▸ WORK REQUIRED
Copy each line below exactly.

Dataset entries
// The steps along the chain: each locks, unlocks and links nodes as the model's step does. Functions here take nodes and no
// sequence numbers, but for the place that a loaded node gets.
// Nodes are bytes, and each step asks that its nodes are numbers 0 to 150: a `Node` cannot promise it, since the model's states have nodes of
// any number, and `panel` and `state_bytes` read any byte as a node.
ghost use Rattle.std.specs.Prelude.{◌≡◌, ◌&&◌, ◌≤◌, List};
ghost use Rattle.command.specs.declared.Command.{Command as Cmd};
ghost use Rattle.graph.specs.Arrays.{numbers, flags, is_ready, Nodes, NodesWithin, SameCommands, SteppedOn, Loaded, PutBack, Entered, Searches, Walks, ClearsOn, Forgets};
ghost use Rattle.graph.specs.Items.{Kept};

use crate::Graph;
use command::{Command, Seq};
use model::Thread;
use node_set::{Node, NodeSet};

// What a clearing worker's step leaves: its thread and the first free node.
#[derive(Clone, Copy)]
pub struct Cleared {
    pub thread: Thread,
    pub free: Node,
}

impl Graph {
    // The node behind a node, 0 for none.
    pub(crate) fn behind(&self, at: Node) -> Node
        requires { Nodes self.now.next × (at.0 ≤ 150) }
        ensures { (result.0 ≡ numbers self.now.next at.0) × (result.0 ≤ 150) }
    {
        Node(self.next[at.0 as usize])
    }

    // Whether a node is locked.
    pub(crate) fn is_locked(&self, node: Node) -> bool
        requires { node.0 ≤ 150 }
        ensures { result ≡ flags self.now.locked node.0 }
    {
        self.locked[node.0 as usize]
    }

    // Locks the next node and unlocks the old one.
    pub(crate) fn step_on(&mut self, from: Node, to: Node)
        requires { (from.0 ≤ 150) × (to.0 ≤ 150) }
        ensures { SteppedOn from.0 to.0 self.old self.new }
    {
        self.locked[to.0 as usize] = true;
        self.locked[from.0 as usize] = false;
    }

    // Takes the first free node for a command and its place, locks the head, and returns the next free node.
    pub fn load(&mut self, free: Node, place: Seq, command: Command) -> Node
        requires { (free.0 ≤ 150) × (place.0 ≤ 65535) }
        ensures { Loaded free.0 place.0 command self.old self.new result.0 }
    {
        let n = free.0 as usize;
        let rest = self.next[n];
        self.next[n] = 0;
        self.seq[n] = place.0 as u16;
        self.items[n] = Some(command);
        self.locked[0] = true; // the head
        Node(rest)
    }

    // Waits if the head is locked; else locks it, and the thread is `entered`.
    pub fn enter(&mut self, thread: Thread, entered: Thread) -> Thread
        ensures within { NodesWithin thread → NodesWithin entered → NodesWithin result }
        ensures steps { Entered thread entered self.old result self.new }
        ensures same { SameCommands self.old self.new × (self.new.next ≡ self.old.next) × (self.new.executing ≡ self.old.executing) × (self.new.waits ≡ self.old.waits) }
    {
        if self.is_locked(Node(0)) {
            return thread;
        }
        self.locked[0] = true;
        entered
    }

    // Whether a worker that is allowed to takes a node: it is waiting, with an empty set.
    fn takes(&self, node: Node, allowed: bool) -> bool
        requires { node.0 ≤ 150 }
        ensures { result ≡ (allowed && is_ready self.now node.0) }
    {
        let n = node.0 as usize;
        allowed && !self.executing[n] && self.waits[n].is_empty()
    }

    // A searching worker's step; one that is not allowed to takes no node.
    pub fn search(&mut self, at: Node, allowed: bool) -> Thread
        requires { Nodes self.old.next × (at.0 ≤ 150) }
        ensures within { NodesWithin result }
        ensures steps { Searches allowed at self.old result self.new }
        ensures same { SameCommands self.old self.new × (self.new.next ≡ self.old.next) × (self.new.waits ≡ self.old.waits) }
    {
        let y = self.behind(at);
        let n = y.0 as usize;
        if n == 0 {
            self.locked[at.0 as usize] = false;
            return Thread::Idle;
        }
        if self.is_locked(y) {
            return Thread::Searching { at };
        }
        self.step_on(at, y);
        if self.takes(y, allowed) {
            self.executing[n] = true;
            self.locked[n] = false;
            return Thread::Holding { own: y };
        }
        Thread::Searching { at: y }
    }

    // A walking worker's step: it bypasses its own node, or steps on.
    pub fn walk(&mut self, at: Node, own: Node) -> Thread
        requires { Nodes self.old.next × (at.0 ≤ 150) × (own.0 ≤ 150) }
        ensures within { NodesWithin result × Nodes self.new.next }
        ensures steps { Walks at own self.old result self.new }
        ensures same { SameCommands self.old self.new × (self.new.executing ≡ self.old.executing) × (self.new.waits ≡ self.old.waits) }
    {
        let y = self.behind(at);
        let n = y.0 as usize;
        if n == 0 || self.is_locked(y) {
            return Thread::Walking { at, own };
        }
        if y.0 == own.0 {
            self.next[at.0 as usize] = self.next[n];
            return Thread::Clearing { at, own };
        }
        self.step_on(at, y);
        Thread::Walking { at: y, own }
    }

    // A clearing worker's step: it returns its own node to the free list, or steps on and takes it out of the next node's set.
    pub fn clear(&mut self, at: Node, own: Node, free: Node) -> Cleared
        requires { Nodes self.old.next × (at.0 ≤ 150) × (own.0 ≤ 150) × (free.0 ≤ 150) }
        ensures within { NodesWithin result.thread × (result.free.0 ≤ 150) × Nodes self.new.next }
        ensures steps { ClearsOn at own free.0 self.old result.thread result.free.0 self.new }
        ensures kept { (cs : List Cmd) → Kept cs self.old → Kept cs self.new }
        ensures items { Forgets own.0 result.thread self.old self.new }
    {
        let y = self.behind(at);
        let n = y.0 as usize;
        if y.0 == 0 {
            self.locked[at.0 as usize] = false;
            self.put_back(own, free);
            return Cleared {
                thread: Thread::Idle,
                free: own,
            };
        }
        if self.is_locked(y) {
            return Cleared {
                thread: Thread::Clearing { at, own },
                free,
            };
        }
        self.step_on(at, y);
        self.waits[n] = self.waits[n].remove(own);
        Cleared {
            thread: Thread::Clearing { at: y, own },
            free,
        }
    }

    // Returns a node to the front of the free list, with no command, waiting, unlocked and with an empty set.
    fn put_back(&mut self, own: Node, free: Node)
        requires { own.0 ≤ 150 }
        ensures { PutBack own.0 free.0 self.old self.new }
    {
        let n = own.0 as usize;
        self.next[n] = free.0;
        self.seq[n] = 0;
        self.executing[n] = false;
        self.locked[n] = false;
        self.waits[n] = NodeSet::empty();
        self.items[n] = None;
    }
}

▸ RESPONSE AREA
// The steps along the chain: each locks, unlocks and links nodes as the model's step does. Functions here take nodes and no
// sequence numbers, but for the place that a loaded node gets.
// Nodes are bytes, and each step asks that its nodes are numbers 0 to 150: a `Node` cannot promise it, since the model's states have nodes of
// any number, and `panel` and `state_bytes` read any byte as a node.
ghost use Rattle.std.specs.Prelude.{◌≡◌, ◌&&◌, ◌≤◌, List};
ghost use Rattle.command.specs.declared.Command.{Command as Cmd};
ghost use Rattle.graph.specs.Arrays.{numbers, flags, is_ready, Nodes, NodesWithin, SameCommands, SteppedOn, Loaded, PutBack, Entered, Searches, Walks, ClearsOn, Forgets};
ghost use Rattle.graph.specs.Items.{Kept};

use crate::Graph;
use command::{Command, Seq};
use model::Thread;
use node_set::{Node, NodeSet};

// What a clearing worker's step leaves: its thread and the first free node.
#[derive(Clone, Copy)]
pub struct Cleared {
    pub thread: Thread,
    pub free: Node,
}

impl Graph {
    // The node behind a node, 0 for none.
    pub(crate) fn behind(&self, at: Node) -> Node
        requires { Nodes self.now.next × (at.0 ≤ 150) }
        ensures { (result.0 ≡ numbers self.now.next at.0) × (result.0 ≤ 150) }
    {
        Node(self.next[at.0 as usize])
    }

    // Whether a node is locked.
    pub(crate) fn is_locked(&self, node: Node) -> bool
        requires { node.0 ≤ 150 }
        ensures { result ≡ flags self.now.locked node.0 }
    {
        self.locked[node.0 as usize]
    }

    // Locks the next node and unlocks the old one.
    pub(crate) fn step_on(&mut self, from: Node, to: Node)
        requires { (from.0 ≤ 150) × (to.0 ≤ 150) }
        ensures { SteppedOn from.0 to.0 self.old self.new }
    {
        self.locked[to.0 as usize] = true;
        self.locked[from.0 as usize] = false;
    }

    // Takes the first free node for a command and its place, locks the head, and returns the next free node.
    pub fn load(&mut self, free: Node, place: Seq, command: Command) -> Node
        requires { (free.0 ≤ 150) × (place.0 ≤ 65535) }
        ensures { Loaded free.0 place.0 command self.old self.new result.0 }
    {
        let n = free.0 as usize;
        let rest = self.next[n];
        self.next[n] = 0;
        self.seq[n] = place.0 as u16;
        self.items[n] = Some(command);
        self.locked[0] = true; // the head
        Node(rest)
    }

    // Waits if the head is locked; else locks it, and the thread is `entered`.
    pub fn enter(&mut self, thread: Thread, entered: Thread) -> Thread
        ensures within { NodesWithin thread → NodesWithin entered → NodesWithin result }
        ensures steps { Entered thread entered self.old result self.new }
        ensures same { SameCommands self.old self.new × (self.new.next ≡ self.old.next) × (self.new.executing ≡ self.old.executing) × (self.new.waits ≡ self.old.waits) }
    {
        if self.is_locked(Node(0)) {
            return thread;
        }
        self.locked[0] = true;
        entered
    }

    // Whether a worker that is allowed to takes a node: it is waiting, with an empty set.
    fn takes(&self, node: Node, allowed: bool) -> bool
        requires { node.0 ≤ 150 }
        ensures { result ≡ (allowed && is_ready self.now node.0) }
    {
        let n = node.0 as usize;
        allowed && !self.executing[n] && self.waits[n].is_empty()
    }

    // A searching worker's step; one that is not allowed to takes no node.
    pub fn search(&mut self, at: Node, allowed: bool) -> Thread
        requires { Nodes self.old.next × (at.0 ≤ 150) }
        ensures within { NodesWithin result }
        ensures steps { Searches allowed at self.old result self.new }
        ensures same { SameCommands self.old self.new × (self.new.next ≡ self.old.next) × (self.new.waits ≡ self.old.waits) }
    {
        let y = self.behind(at);
        let n = y.0 as usize;
        if n == 0 {
            self.locked[at.0 as usize] = false;
            return Thread::Idle;
        }
        if self.is_locked(y) {
            return Thread::Searching { at };
        }
        self.step_on(at, y);
        if self.takes(y, allowed) {
            self.executing[n] = true;
            self.locked[n] = false;
            return Thread::Holding { own: y };
        }
        Thread::Searching { at: y }
    }

    // A walking worker's step: it bypasses its own node, or steps on.
    pub fn walk(&mut self, at: Node, own: Node) -> Thread
        requires { Nodes self.old.next × (at.0 ≤ 150) × (own.0 ≤ 150) }
        ensures within { NodesWithin result × Nodes self.new.next }
        ensures steps { Walks at own self.old result self.new }
        ensures same { SameCommands self.old self.new × (self.new.executing ≡ self.old.executing) × (self.new.waits ≡ self.old.waits) }
    {
        let y = self.behind(at);
        let n = y.0 as usize;
        if n == 0 || self.is_locked(y) {
            return Thread::Walking { at, own };
        }
        if y.0 == own.0 {
            self.next[at.0 as usize] = self.next[n];
            return Thread::Clearing { at, own };
        }
        self.step_on(at, y);
        Thread::Walking { at: y, own }
    }

    // A clearing worker's step: it returns its own node to the free list, or steps on and takes it out of the next node's set.
    pub fn clear(&mut self, at: Node, own: Node, free: Node) -> Cleared
        requires { Nodes self.old.next × (at.0 ≤ 150) × (own.0 ≤ 150) × (free.0 ≤ 150) }
        ensures within { NodesWithin result.thread × (result.free.0 ≤ 150) × Nodes self.new.next }
        ensures steps { ClearsOn at own free.0 self.old result.thread result.free.0 self.new }
        ensures kept { (cs : List Cmd) → Kept cs self.old → Kept cs self.new }
        ensures items { Forgets own.0 result.thread self.old self.new }
    {
        let y = self.behind(at);
        let n = y.0 as usize;
        if y.0 == 0 {
            self.locked[at.0 as usize] = false;
            self.put_back(own, free);
            return Cleared {
                thread: Thread::Idle,
                free: own,
            };
        }
        if self.is_locked(y) {
            return Cleared {
                thread: Thread::Clearing { at, own },
                free,
            };
        }
        self.step_on(at, y);
        self.waits[n] = self.waits[n].remove(own);
        Cleared {
            thread: Thread::Clearing { at: y, own },
            free,
        }
    }

    // Returns a node to the front of the free list, with no command, waiting, unlocked and with an empty set.
    fn put_back(&mut self, own: Node, free: Node)
        requires { own.0 ≤ 150 }
        ensures { PutBack own.0 free.0 self.old self.new }
    {
        let n = own.0 as usize;
        self.next[n] = free.0;
        self.seq[n] = 0;
        self.executing[n] = false;
        self.locked[n] = false;
        self.waits[n] = NodeSet::empty();
        self.items[n] = None;
    }
}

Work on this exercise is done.